# ФИЛОСОФИЯ И КУЛЬТУРА > Индия >  27-ая ВРАДЖА МАНДАЛА ПАРИКРАМА - ОТКРЫТА РЕГИСТРАЦИЯ!!

## Илья108

Харе Кришна, дорогие преданные! Примите, пожалуйста, наши поклоны. Вся слава Шриле Прабхупаде!

Организационная группа по Паломничествам от Национального Совета приглашает вас совершить
27-ю МЕЖДУНАРОДНУЮ ВРАДЖА-МАНДАЛА ПАРИКРАМУ в месяц КАРТИКА с участием Локанатха Свами, Гопал Кришны Госвами и др.

20 октября – 20 ноября 2013

Мы приглашаем вас совершить Враджа-Мандалу парикраму в течение всего священного месяца Картика по всем 12-ти лесам Вриндавана, каждый день заходя во все места, связанные с играми Господа Кришны, также как это делал 500 лет назад Шри Чайтанья Махапрабху. В наши дни мы будем обходить эти святые места, следуя тому же древнему маршруту.
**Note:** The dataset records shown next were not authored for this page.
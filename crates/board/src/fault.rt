use std::alloc::{AllocError, AllocFailed};
use std::io;
use tk_checkpoint::{CheckpointError, RestoreError};
use tk_client::{SayError, TakeError};
use tk_frames::FrameError;
use tk_replica::{PinError, ServeError};
use tk_shape::{Memory, ShapeError};

/// Why the board ends.
#[derive(Debug, Drop)]
pub enum Fault {
    /// Numbers that are no shape.
    Shape(ShapeError),
    /// A text that the member may not say.
    Say(SayError),
    /// A member that has written in all turns, or said as many texts; servers with too many entries.
    Over,
    /// A member that reads before it wrote or while a read is open, or gets replies to none.
    Unasked,
    /// A number, an epoch, frames or replies of another shape.
    OtherShape,
    /// Bytes that are no entry.
    Frame(FrameError),
    /// An entry that isn't the next one of a server that has applied so many.
    NotNext { applied: u64 },
    /// An epoch that servers don't keep.
    Pin(PinError),
    /// A read that a server doesn't answer.
    Serve(ServeError),
    /// Replies that the member refuses.
    Take(TakeError),
    /// A server that isn't saved.
    Checkpoint(CheckpointError),
    /// Bytes that give no server.
    Restore(RestoreError),
    /// What is printed can't be written.
    Output(io::Error),
    Memory,
}

impl From<ShapeError> for Fault {
    fn from(error: ShapeError) -> Fault {
        Fault::Shape(error)
    }
}

impl From<SayError> for Fault {
    fn from(error: SayError) -> Fault {
        Fault::Say(error)
    }
}

impl From<FrameError> for Fault {
    fn from(error: FrameError) -> Fault {
        Fault::Frame(error)
    }
}

impl From<PinError> for Fault {
    fn from(error: PinError) -> Fault {
        Fault::Pin(error)
    }
}

impl From<ServeError> for Fault {
    fn from(error: ServeError) -> Fault {
        Fault::Serve(error)
    }
}

impl From<TakeError> for Fault {
    fn from(error: TakeError) -> Fault {
        Fault::Take(error)
    }
}

impl From<CheckpointError> for Fault {
    fn from(error: CheckpointError) -> Fault {
        Fault::Checkpoint(error)
    }
}

impl From<RestoreError> for Fault {
    fn from(error: RestoreError) -> Fault {
        Fault::Restore(error)
    }
}

impl From<io::Error> for Fault {
    fn from(error: io::Error) -> Fault {
        Fault::Output(error)
    }
}

impl From<Memory> for Fault {
    fn from(_e: Memory) -> Fault {
        Fault::Memory
    }
}

impl From<AllocError> for Fault {
    fn from(_e: AllocError) -> Fault {
        Fault::Memory
    }
}

impl<T: Drop> From<AllocFailed<T>> for Fault {
    fn from(_e: AllocFailed<T>) -> Fault {
        Fault::Memory
    }
}
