//! A buffer of code.

ghost use Rattle.std.specs.Prelude.{◌≡◌, ◌+◌, ◌/◌, ◌%◌, ◌^◌, ◌<◌, All, IfOk, OnOk, OnErr, [], ◌∷◌, ◌++◌, None, IsSomeAnd, MatchBool, false, length, map};
ghost use Rattle.std.specs.FinMap as finmap;
ghost use Rattle.a64_buffer.specs.declared.site.Target.TheVariants.{Label, Constant, Trap};
ghost use Rattle.a64_words.specs.Word.{words_of};
ghost use Rattle.a64_buffer.specs.Constants.{IsConstant, AreConstants};
ghost use Rattle.a64_buffer.specs.Classes.{owed, Fits};

use crate::constants::Constants;
use crate::finish::Finished;
use crate::force::ForceVeneers;
use crate::label_use::MachInstLabelUse;
use crate::parts::Parts;
use crate::site::Target;
use a64_base::{ExternalName, MachLabel, Reloc, TrapCode, UserStackMap, VCodeConstant};
use std::alloc::{AllocError, Global};
use std::marker::Model;

/// Code that grows at its end, with uses of labels that lead to them once the code is finished.
#[derive(Drop)]
pub struct MachBuffer<'c, K: MachInstLabelUse> {
    parts: Parts<'c, K>,
}

impl<'c, K: MachInstLabelUse> Model for MachBuffer<'c, K> {
    ghost use Rattle.std.specs.Prelude.{ℕ, List};
    ghost use Rattle.std.specs.Ordering.{nat_cmp};
    ghost use Rattle.std.specs.FinMap.{code};
    ghost use Rattle.std.specs.Coded.{codes, coded_ℕ, coded_list};
    ghost use Rattle.a64_buffer.specs.Buffer.{Buffer};

    ghost Value = { Buffer K };

    ghost coded = { Prim.hlevel (
      codes,
      code {R = nat_cmp} coded_ℕ coded_ℕ,
      code {R = nat_cmp} coded_ℕ (coded_list coded_ℕ),
    ) };

    ghost use Rattle.a64_buffer.specs.Sound.{seen, AreSound};

    ghost view = { λ a. seen a.parts };

    ghost invariant = { λ a. AreSound K.kinds a.parts };
}
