//! The program `by_buffer`: makes a function by an emitter, one instruction at a time, and prints its words and its
//! relocations.
//!
//! The function sums words that stand 65,536 bytes behind where x3 points, as many as x1 says, onto a constant of 64
//! bits; calls the symbol with the number 7; loads a float from the pool; and returns. It has a loop, a branch forward,
//! and no frame.
#![tactic(auto)]

mod fault;
mod function;

use a64_assembler::Finished;
use fault::Fault;
use function::function;
use std::process::ExitCode;

/// Prints the words of code, a line for each.
fn print_words(rt: &HostRuntime, bytes: &[u8]) -> Result<(), Fault> {
    for i in 0..bytes.len() / 4 {
        let word = u32::from_le_bytes([
            bytes[4 * i],
            bytes[4 * i + 1],
            bytes[4 * i + 2],
            bytes[4 * i + 3],
        ]);
        println!(rt; "word {} {word:08x}", 4 * i)?;
    }
    Ok(())
}

/// Prints the relocations of code, a line for each.
fn print_relocs(rt: &HostRuntime, code: &Finished) -> Result<(), Fault> {
    for (place, kind, name, addend) in code.relocs.as_slice() {
        let number = name.0;
        println!(rt; "reloc {place} {kind:?} {number} {addend}")?;
    }
    Ok(())
}

/// Makes the function and prints it.
fn run(rt: &HostRuntime) -> Result<(), Fault> {
    let code = function(rt.alloc())?;
    print_words(rt, &code.bytes)?;
    print_relocs(rt, &code)
}

fn main(rt: HostRuntime) -> ExitCode {
    match run(&rt) {
        Ok(()) => ExitCode::from(0),
        Err(fault) => {
            // Nothing more can be said where the line cannot be written.
            let _ = eprintln!(&rt; "{fault}");
            ExitCode::from(fault.status())
        }
    }
}
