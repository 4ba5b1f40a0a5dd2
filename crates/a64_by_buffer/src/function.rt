//! The function.

ghost use Rattle.std.specs.Prelude.{◌≡◌, true};
ghost use Rattle.a64_operand.specs.declared.virtuals.VirtualRegisters.TheVariants.{Refused};
ghost use Rattle.a64_operand.specs.Operands.{is_register};

use crate::fault::Fault;
use a64_assembler::{
    AMode, AccessOp, CondBrKind, Emitter, EmitterError, ExternalName, Finished, Inst, MachLabel,
    OperandSize, Reg, VCodeConstant, VCodeConstants, Writable, insts, vreg, writable_xreg, xreg,
};
use std::alloc::Global;

/// How far behind the pointer the words stand, in bytes.
const BEHIND: i64 = 65_536;

/// Emits the moves that put a value into a register.
fn emit_constant(
    alloc: Global,
    emitter: &mut Emitter<'_>,
    rd: Writable<Reg>,
    value: u64,
) -> Result<(), EmitterError>
    requires { is_register Refused rd ≡ true }
{
    let moves = Inst::load_constant(alloc, rd, value)?;
    for inst in moves.as_slice() {
        emitter.emit(inst)?;
    }
    Ok(())
}

/// Emits what the loop does in a turn: it loads a word, adds it, and goes to the next one.
fn emit_turn(emitter: &mut Emitter<'_>) -> Result<(), EmitterError> {
    let size = OperandSize::Size64;
    let word = AMode::RegOffset {
        rn: xreg(3),
        off: BEHIND,
    };
    emitter.emit(&insts::access(AccessOp::ULoad64, xreg(2), word))?;
    emitter.emit(&insts::add(size, writable_xreg(0), xreg(0), xreg(2)))?;
    emitter.emit(&insts::sub(size, writable_xreg(1), xreg(1), xreg(4)))
}

/// Emits the loop, which goes on until x1 is zero.
fn emit_loop(emitter: &mut Emitter<'_>, done: MachLabel) -> Result<(), EmitterError> {
    let (again, turn) = (emitter.new_label()?, emitter.new_label()?);
    let is_zero = CondBrKind::Zero(xreg(1), OperandSize::Size64);
    emitter.bind(again)?;
    emitter.emit(&insts::branch(is_zero, done, turn))?;
    emitter.bind(turn)?;
    emit_turn(emitter)?;
    emitter.emit(&insts::jump(again))
}

/// Emits what stands behind the loop: a call, the load of a constant, and a return.
fn emit_end(
    alloc: Global,
    emitter: &mut Emitter<'_>,
    float: VCodeConstant,
) -> Result<(), EmitterError> {
    emitter.emit(&insts::call(alloc, ExternalName(7)))?;
    let float = AMode::Const { addr: float };
    emitter.emit(&insts::access(AccessOp::FpuLoad64, vreg(0), float))?;
    emitter.emit(&insts::ret())
}

/// Emits the function, which loads this constant.
fn emit_function(
    alloc: Global,
    emitter: &mut Emitter<'_>,
    float: VCodeConstant,
) -> Result<(), EmitterError> {
    let done = emitter.new_label()?;
    emit_constant(alloc, emitter, writable_xreg(0), 0x1234_5678_9abc_def0)?;
    emit_constant(alloc, emitter, writable_xreg(4), 1)?;
    emit_loop(emitter, done)?;
    emitter.bind(done)?;
    emit_end(alloc, emitter, float)
}

/// The function.
pub fn function(alloc: Global) -> Result<Finished, Fault> {
    let mut constants = VCodeConstants::new(alloc);
    let float = constants.insert(&[0x18, 0x2d, 0x44, 0x54, 0xfb, 0x21, 0x09, 0x40])?;
    let mut emitter = Emitter::new(alloc, &constants);
    emit_function(alloc, &mut emitter, float)?;
    Ok(emitter.finish()?)
}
Милость, которую вы можете получить в процессе парикрамы: 
• Проходя через несравненно прекрасные, трансцендентные места Враджа пешком в обществе вайшнавов, вы будете петь киртаны, с благоговением касаться своей головой пыли многочисленных мест, связанных с играми Шри Шри Радхи-Кришны, и слушать катху, которая изменит вашу жизнь и укрепит привязанность к Господу Кришне и его преданным. 
• Осознаете свое положение и предназначение в этом мире, сделаете мысли чистыми, обретете смирение.
• Вы сможете на практике реализовать принцип «Простая жизнь – возвышенное мышление», живя в святых местах и общаясь с Вриджабаси.
• Особыми благословениями для русских вайшнавов будет участие в некоторых днях парикрамы Бхакти Вигьяна Госвами Махарадж, Чайтанья Чандра Чаран Махарадж, Ананта Кришна Махарадж (участие каждого из них предварительно согласовано, но окончательно уточнено будет позже!). 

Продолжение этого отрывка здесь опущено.